Description of the task
Please print each entry below exactly as it reads.

(Recorded data)
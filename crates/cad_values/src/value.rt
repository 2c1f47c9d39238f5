// Values.
use cad_syntax::{Address, Authorization, CadType, Name, Num, Path, Text, TypeId};

/// A capability: the account that issued it, its number there, and the type that it lends.
#[derive(Debug, Drop, PartialEq, Eq)]
pub struct Cap {
    pub address: Address,
    pub id: u64,
    pub borrow: CadType,
}

/// What a reference leads to: the node with a label, what an account stores under an identifier, an account, or the
/// controller of a capability.
#[derive(Debug, Drop, PartialEq, Eq)]
pub enum Target {
    Node(u64),
    Stored { address: Address, path: Name },
    Account(Address),
    Controller { address: Address, id: u64 },
}

/// A reference: what it may do, the type of its target, and what it leads to. It has no bytes.
#[derive(Debug, Drop, PartialEq, Eq)]
pub struct Reference {
    pub authorization: Authorization,
    pub target: CadType,
    pub to: Target,
}

/// A value. Containers have their own types. A number is of any kind but `Address`; an address has a variant of its own.
#[cycle(values)]
#[derive(Debug, Drop, PartialEq, Eq)]
pub enum Value {
    Void,
    Nil,
    /// An optional with a content.
    Some(Box<Value>),
    Bool(bool),
    Number(Num),
    String(Text),
    /// A text of one extended grapheme cluster.
    Character(Text),
    Address(Address),
    Path(Path),
    /// A type as a value.
    Meta(CadType),
    Capability(Cap),
    Array {
        element: CadType,
        values: Vec<Value>,
    },
    /// The entries stand in the order in which their keys were put in.
    Dictionary {
        key: CadType,
        value: CadType,
        entries: Vec<DictionaryEntry>,
    },
    /// A struct, resource, event or enum. What isn't a resource has identity 0.
    Composite {
        id: TypeId,
        identity: u64,
        fields: Vec<CompositeField>,
    },
    Reference(Reference),
}

/// A key of a dictionary and what stands under it.
#[cycle(values)]
#[derive(Debug, Drop, PartialEq, Eq)]
pub struct DictionaryEntry {
    pub key: Value,
    pub value: Value,
}

/// A field of a composite.
#[cycle(values)]
#[derive(Debug, Drop, PartialEq, Eq)]
pub struct CompositeField {
    pub name: Name,
    pub value: Value,
}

The answer
filename crates/cad_values/src/value.rt
repository 2c1f47c9d39238f5
// Values.
use cad_syntax::{Address, Authorization, CadType, Name, Num, Path, Text, TypeId};

/// A capability: the account that issued it, its number there, and the type that it lends.
#[derive(Debug, Drop, PartialEq, Eq)]
pub struct Cap {
    pub address: Address,
    pub id: u64,
    pub borrow: CadType,
}

/// What a reference leads to: the node with a label, what an account stores under an identifier, an account, or the
/// controller of a capability.
#[derive(Debug, Drop, PartialEq, Eq)]
pub enum Target {
    Node(u64),
    Stored { address: Address, path: Name },
    Account(Address),
    Controller { address: Address, id: u64 },
}

/// A reference: what it may do, the type of its target, and what it leads to. It has no bytes.
#[derive(Debug, Drop, PartialEq, Eq)]
pub struct Reference {
    pub authorization: Authorization,
    pub target: CadType,
    pub to: Target,
}

/// A value. Containers have their own types. A number is of any kind but `Address`; an address has a variant of its own.
#[cycle(values)]
#[derive(Debug, Drop, PartialEq, Eq)]
pub enum Value {
    Void,
    Nil,
    /// An optional with a content.
    Some(Box<Value>),
    Bool(bool),
    Number(Num),
    String(Text),
    /// A text of one extended grapheme cluster.
    Character(Text),
    Address(Address),
    Path(Path),
    /// A type as a value.
    Meta(CadType),
    Capability(Cap),
    Array {
        element: CadType,
        values: Vec<Value>,
    },
    /// The entries stand in the order in which their keys were put in.
    Dictionary {
        key: CadType,
        value: CadType,
        entries: Vec<DictionaryEntry>,
    },
    /// A struct, resource, event or enum. What isn't a resource has identity 0.
    Composite {
        id: TypeId,
        identity: u64,
        fields: Vec<CompositeField>,
    },
    Reference(Reference),
}

/// A key of a dictionary and what stands under it.
#[cycle(values)]
#[derive(Debug, Drop, PartialEq, Eq)]
pub struct DictionaryEntry {
    pub key: Value,
    pub value: Value,
}

/// A field of a composite.
#[cycle(values)]
#[derive(Debug, Drop, PartialEq, Eq)]
pub struct CompositeField {
    pub name: Name,
    pub value: Value,
}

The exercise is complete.